Harnessing the Power of Containers
Published: April 14, 2022
Technology drives maximal value to the enterprise, not through wielding the power of specific programming languages, but by composing multiple component technologies into systems that model, automate and deliver complex business processes.
Luckily, there exists the amazing world of Docker, container tools and the ecosystem of images. Collectively, these significantly lower the technical barrier to experimenting with a wide variety of technologies, leading to faster cycles of learning and innovation.
In the container world, open-source communities and vendors provide endless purpose-built images with popular technologies installed and configured to run with minimal effort. Containers can be stitched together and run as Docker Compose services in short order.
Overview of the Demo Application
Here I present an example system providing machine learning based text analytics where a user submits a web page URL to a browser and is presented with measures of sentiment (polarity and subjectivity) along with extracted noun phrases predicted to be semantically meaningful.
Sentiment and noun phrase extraction techniques are often used to classify and flag content for review, follow up and marketing brand management by companies with significant free-text digital content such as product reviews. The system is constructed of multiple containerized technologies and is deployed to a Docker environment running as a set of Docker Compose services.
Below is the high-level architecture of the system. The source code can be found on GitHub.
The front-end application uses the Python-based Flask microframework along with Vue.js for an interactive UI. The URL is submitted via the front end and relayed to a Kafka topic. A decoupled containerized Python consumer retrieves the URL from Kafka and performs text analytics using the TextBlob and Natural Language Toolkit.

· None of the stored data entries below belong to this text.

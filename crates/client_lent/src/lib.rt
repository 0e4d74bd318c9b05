// Thin functions over the client records that a caller lends: one record, or the slice of all. Covered functions, called on values, make the decisions.
#![tactic(auto)]

pub mod copies;
pub mod list;
pub mod requests;
pub mod sweep;
pub mod turn;
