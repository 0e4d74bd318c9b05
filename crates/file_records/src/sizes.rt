// The sizes of a run file and of its parts, in bytes (01, "Frame, run file and listing").
pub const SETUP: usize = 48;

pub const STEP: usize = 16;

pub const TRAILER: usize = 8;

// a file with no note and no step
pub const EMPTY: usize = SETUP + TRAILER;

// the longest file
pub const FILE: usize = 65536;

// the most steps
pub const STEPS: usize = 4000;
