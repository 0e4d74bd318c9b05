// Compares leases, guards and latest ends with the clock, and computes the latest end client by client.
ghost use Rattle.std.specs.Prelude.{◌≡◌, not};
ghost use Rattle.protocol.specs.Leases.{server_alive, end_over};
ghost use Rattle.lease_tests.specs.Parts.{waits_by, delays_by, outlast_by, ages_by};

// "A lease is alive when its expiry is greater than the clock."
pub fn server_alive(clock: u32, expiry: u32) -> bool
    ensures { result ≡ server_alive clock expiry }
{
    clock < expiry
}

// "clock at or past guard"
pub fn guard_passed(clock: u32, guard: u32) -> bool
    ensures { result ≡ not (server_alive clock guard) }
{
    !server_alive(clock, guard)
}

// "whose latest end is below the clock"
pub fn end_over(clock: u32, end: u32) -> bool
    ensures { result ≡ end_over clock end }
{
    end < clock
}

// Returns whether a write waits for a client: both its leases are alive. 02, A6: "a reachable dash with a live object lease and a dead volume lease is no
// longer waited for".
pub fn waits(clock: u32, object_lease: u32, volume_lease: u32) -> bool
    ensures { result ≡ waits_by clock object_lease volume_lease }
{
    let object = server_alive(clock, object_lease);
    let volume = server_alive(clock, volume_lease);
    object & volume
}

// Returns whether a write is noted for a client (02, A6): "a reachable dash with a live object lease and a dead volume lease".
pub fn delays(clock: u32, object_lease: u32, unreachable: bool, volume_lease: u32) -> bool
    ensures { result ≡ delays_by clock object_lease unreachable volume_lease }
{
    let object = server_alive(clock, object_lease);
    let volume = server_alive(clock, volume_lease);
    object & (!volume & !unreachable)
}

// Returns whether a client with these notes is marked (02, A6): "A clock step to volume expiry + d or later .. marks a noted dash unreachable." Without a
// sum, so that any numbers are accepted.
pub fn ages(clock: u32, notes: u32, volume_lease: u32, delay: u32) -> bool
    ensures { result ≡ ages_by clock notes volume_lease delay }
{
    if clock < delay {
        return false;
    }
    (notes != 0) & (volume_lease <= clock - delay)
}

// Extends the latest end by one client (02, A3): "over the waiting dashes, the lesser of that dash's volume and object expiry", if that is later.
pub fn outlast(end: u32, waiting: bool, volume_lease: u32, object_lease: u32) -> u32
    ensures { result ≡ outlast_by end waiting volume_lease object_lease }
{
    if waiting {
        return end.max(volume_lease.min(object_lease));
    }
    end
}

The Flask app source is contained within the nlpapp/app.py module consisting of a handler function that serves up the UI web page and two REST-based endpoints. One REST endpoint is for handling a POST request with the URL then producing it to the containers running Kafka, and the second REST endpoint is for fetching the results of the analysis.
The next key part is the Kafka consumer within the nlpconsumer/webnlp.py module, which fetches the webpage of the URL pulled from Kafka and uses the TextBlob library for text analysis as shown below. Specifically, the text analysis calculates sentiment metrics of polarity and subjectivity. For polarity, the measures span from -1 (inferring the content is harshly negative) to +1 (inferring a joyous, positive tone) with values near 0 being relatively neutral. The subjectivity score ranges from 0 (inferring factual-based content) to 1 (implying opinion-based reasoning).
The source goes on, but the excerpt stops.